Ultimately, the Bill did not pass until an agreement was reached between the Government and the Opposition. This agreement meant that students who live away from our major cities and regional centres and have to move would be eligible under the previous independence test. This test would be restricted to those who leave home to study, whose parents earn less than $150 000 a year and who live in ‘Very Remote’, ‘Remote’ or ‘Outer Regional’ areas as defined by the Australian Bureau of Statistics (known as Australian Standard Geographical Classification (ASGC) Remoteness Structure (RA) or AGSC-RA).

 The amendments were paid for by a reduction in annual start-up scholarships to $2128 in order to keep the changes cost neutral. According to the then Minister, Julia Gillard, the changes were expected to allow an additional 1900 students access to independent Youth Allowance.

Despite the above agreement, the Opposition committed during the recent election campaign to ‘relax the eligibility criteria for the Independent Youth Allowance which will be extended to students in the Inner Regional Category’. This category includes cities such as Bathurst, Goulburn, Lismore, Wagga Wagga, Taree, Albury-Wodonga, Shepparton,  Ballarat, Bendigo, Rockhampton, Bundaberg, Bunbury, Launceston and Hobart.

The text of Ms Marino’s motion reflects the Opposition election commitment and is as follows:

 The order of the day having been read for the resumption of the debate on the motion of Ms Marino—That this House:
 (1) require the Government:
(a) urgently to introduce legislation to reinstate the former workplace participation criteria for independent youth allowance, to apply to students whose family home is located in inner regional areas as defined by the Australian Bureau of Statistics instrument Australian Standard Geographical Classification; and
(b) to appropriate funds necessary to meet the additional cost of expanding the criteria for participation, with the funds to come from the Education Investment Fund; and
(2) send a message to the Senate acquainting it of this resolution and requesting its concurrence, 9:16:47 AM.
 According to the Explanatory Memorandum, the objective of Senator Nash’s bill, the Social Security Amendment (Income Support for Regional Students) Bill 2010, is to ‘require the same eligibility criteria for Independent Youth Allowance to apply to all four ASGC-RA zones’—that is, to include Inner Regional students.

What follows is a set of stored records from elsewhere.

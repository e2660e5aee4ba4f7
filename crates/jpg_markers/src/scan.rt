//! The scan header, parsed (T.81, B.2.3, Figure B.4; G.1.1.1).
ghost use Rattle.std.specs.Prelude.{◌≡◌, ◌*◌, ◌<◌, ◌≤◌, not, length, map, All, ℕ, List, Ok};
ghost use Rattle.jpg_spec.specs.Geometry.{Frame as Numbers};
ghost use Rattle.jpg_spec.specs.Segments.{ScanHead as Head};
ghost use Rattle.jpg_spec.specs.Lists.{index_of, is_among, is_distinct};
ghost use Rattle.jpg_spec.specs.Geometry.{factor_sum};
ghost use Rattle.jpg_spec.specs.FrameHeader.{identifiers};
ghost use Rattle.jpg_spec.specs.ScanContents.{IsHead, are_among, are_bits, are_parameters, checked_head, parsed_scan_header, parsed_ids, is_band, parsed_parts, scan_header};

use arrayvec::ArrayVec;
use jpg_base::{Frame, ScanHead};
use jpg_spec::{Fault, ScanPart};

/// The scan header of these contents in a frame, or their first fault: BadLength (not four bytes and two for each
/// component that they count), ScanComponent (not one to four components, or one that isn't in the frame or occurs
/// twice), McuTooLarge (several components of more than ten blocks per MCU), ScanParameters (only in SOF2: the band
/// isn't DC or AC of one component, or the bits aren't those of a first pass or a refinement) (T.81, B.2.3, G.1.1.1).
/// It takes no memory.
pub fn read_sos(contents: &[u8], frame: &Frame) -> Result<ScanHead, Fault>
    ensures { result ≡ scan_header frame.now contents.now }
{
    match contents {
        [count, bytes @ ..] => {
            let size = 2 * usize::from(*count);
            if bytes.len() != size + 3 {
                return Err(Fault::BadLength);
            }
            head_of(frame, *count, &bytes[..size], &bytes[size..])
        }
        _ => Err(Fault::BadLength),
    }
}

// The header made of the bytes of its components and of its band.
#[tactic(auto, unfolding(jpg_spec::specs::ScanContents::checked_head))]
fn head_of(frame: &Frame, count: u8, parts: &[u8], band: &[u8]) -> Result<ScanHead, Fault>
    requires parts { length parts.now ≡ 2 * count }
    requires band { length band.now ≡ 3 }
    ensures { result ≡ checked_head frame.now count (parsed_ids parts.now) (parsed_scan_header frame.now parts.now band.now) }
{
    if count == 0 || count > 4 || !are_known(frame, parts) || has_same(parts) {
        return Err(Fault::ScanComponent);
    }
    let head = ScanHead {
        parts: parts_of(frame, parts),
        ss: band[0],
        se: band[1],
        ah: band[2] / 16,
        al: band[2] % 16,
    };
    if count > 1 && blocks_of(frame, head.parts.as_slice()) > 10 {
        return Err(Fault::McuTooLarge);
    }
    if frame.is_progressive() && !are_parameters(frame, count, &head) {
        return Err(Fault::ScanParameters);
    }
    Ok(head)
}

// Whether a progressive scan of this many components may have the header's band and bits.
fn are_parameters(frame: &Frame, count: u8, head: &ScanHead) -> bool
    ensures { result ≡ are_parameters frame.now count head.now }
{
    is_band(count, head) && are_bits(frame, head)
}

fn is_band(count: u8, head: &ScanHead) -> bool
    ensures { result ≡ is_band count head.now }
{
    if head.ss == 0 {
        head.se == 0
    } else {
        count == 1 && (head.ss <= head.se && head.se <= 63)
    }
}

fn are_bits(frame: &Frame, head: &ScanHead) -> bool
    ensures { result ≡ are_bits frame.now head.now }
{
    (head.ah == 0 || u16::from(head.ah) == u16::from(head.al) + 1) && head.al <= frame.bounds().al
}

// Whether the frame has a component of this identifier.
fn is_known(frame: &Frame, id: u8) -> bool
    ensures { result ≡ is_among id (identifiers frame.now.components) }
{
    for i in 0..frame.count() {
        if frame.component(i).id == id {
            return true;
        }
    }
    false
}

// The index in the frame of the component of this identifier, or the number of components.
fn place_of(frame: &Frame, id: u8) -> u8
    ensures { result ≡ index_of id (identifiers frame.now.components) }
{
    for i in 0..frame.count() {
        if frame.component(i).id == id {
            return i;
        }
    }
    frame.count()
}

// Whether the frame has all components of the scan.
fn are_known(frame: &Frame, parts: &[u8]) -> bool
    ensures { result ≡ are_among frame.now (parsed_ids parts.now) }
{
    let mut rest = parts;
    while let [id, _, tail @ ..] = rest {
        if !is_known(frame, *id) {
            return false;
        }
        rest = tail;
    }
    true
}

// Whether the identifier is one of the scan's components.
fn stands(id: u8, parts: &[u8]) -> bool
    ensures { result ≡ is_among id (parsed_ids parts.now) }
{
    let mut rest = parts;
    while let [other, _, tail @ ..] = rest {
        if *other == id {
            return true;
        }
        rest = tail;
    }
    false
}

// Whether a component occurs twice in the scan.
fn has_same(parts: &[u8]) -> bool
    ensures { result ≡ not (is_distinct (parsed_ids parts.now)) }
{
    let mut rest = parts;
    while let [id, _, tail @ ..] = rest {
        if stands(*id, tail) {
            return true;
        }
        rest = tail;
    }
    false
}

// The scan's components by their indexes in the frame.
fn parts_of(frame: &Frame, parts: &[u8]) -> ArrayVec<ScanPart, 4>
    requires { length parts.now ≤ 8 }
    ensures { result.items ≡ parsed_parts frame.now parts.now }
{
    let mut list = ArrayVec::new();
    let mut rest = parts;
    while let [id, slots, tail @ ..] = rest {
        list.push(ScanPart {
            component: place_of(frame, *id),
            dc: *slots / 16,
            ac: *slots % 16,
        });
        rest = tail;
    }
    list
}

// The blocks of one MCU of these components.
fn blocks_of(frame: &Frame, parts: &[ScanPart]) -> u32
    requires few { length parts.now ≤ 4 }
    requires known { All (λ p. p.component < length frame.now.components) parts.now }
    ensures { result ≡ factor_sum frame.now (map (λ p. p.component) parts.now) }
{
    let mut blocks = 0;
    for part in parts {
        let component = frame.component(part.component);
        blocks += u32::from(component.h) * u32::from(component.v);
    }
    blocks
}

/// A scan header that is accepted has one to four distinct components of the frame, and several have at most ten blocks
/// per MCU (T.81, B.2.3).
pub fn accepted_heads_are_of_their_frames()
    ensures { (f : Numbers) (contents : List ℕ) (head : Head) → scan_header f contents ≡ Ok head → IsHead f head }
{}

The Explanatory Memorandum suggests that the financial impact of this change is approximately $90 million per annum. Further, it says that the change is ‘to be budget neutral, with funding to be appropriated from the Education Investment Fund’.

Under Section 53 of the Constitution, the Senate cannot initiate money bills, so the question of funding will be faced in the House of Representatives if the bill proceeds.

It is unclear how many additional students would become eligible for independent Youth Allowance under the changes. In response to an Estimates Question on Notice, the Department of Employment, Education and Workplace Relations estimated that as at 24 April 2009, there were around 13 387 inner regional higher education students who live away from home in receipt of Youth Allowance.

The effect of Ms Marino’s motion is unclear. In relation to the effect of motions, House of Representatives Practice states that:

 ... the effect of such orders and resolutions of the House on others outside the House may be a limited one. 
It adds though that:

 ... this is not to say that the opinions of the House are to be disregarded, as it is incumbent upon the Executive Government and its employees and others concerned with matters on which the House has expressed an opinion to take cognisance of that opinion when contemplating or formulating any future action.
At the very least, it may be that the successful motion gives an indication of voting intentions should Senator Nash’s bill proceed to a vote in the House.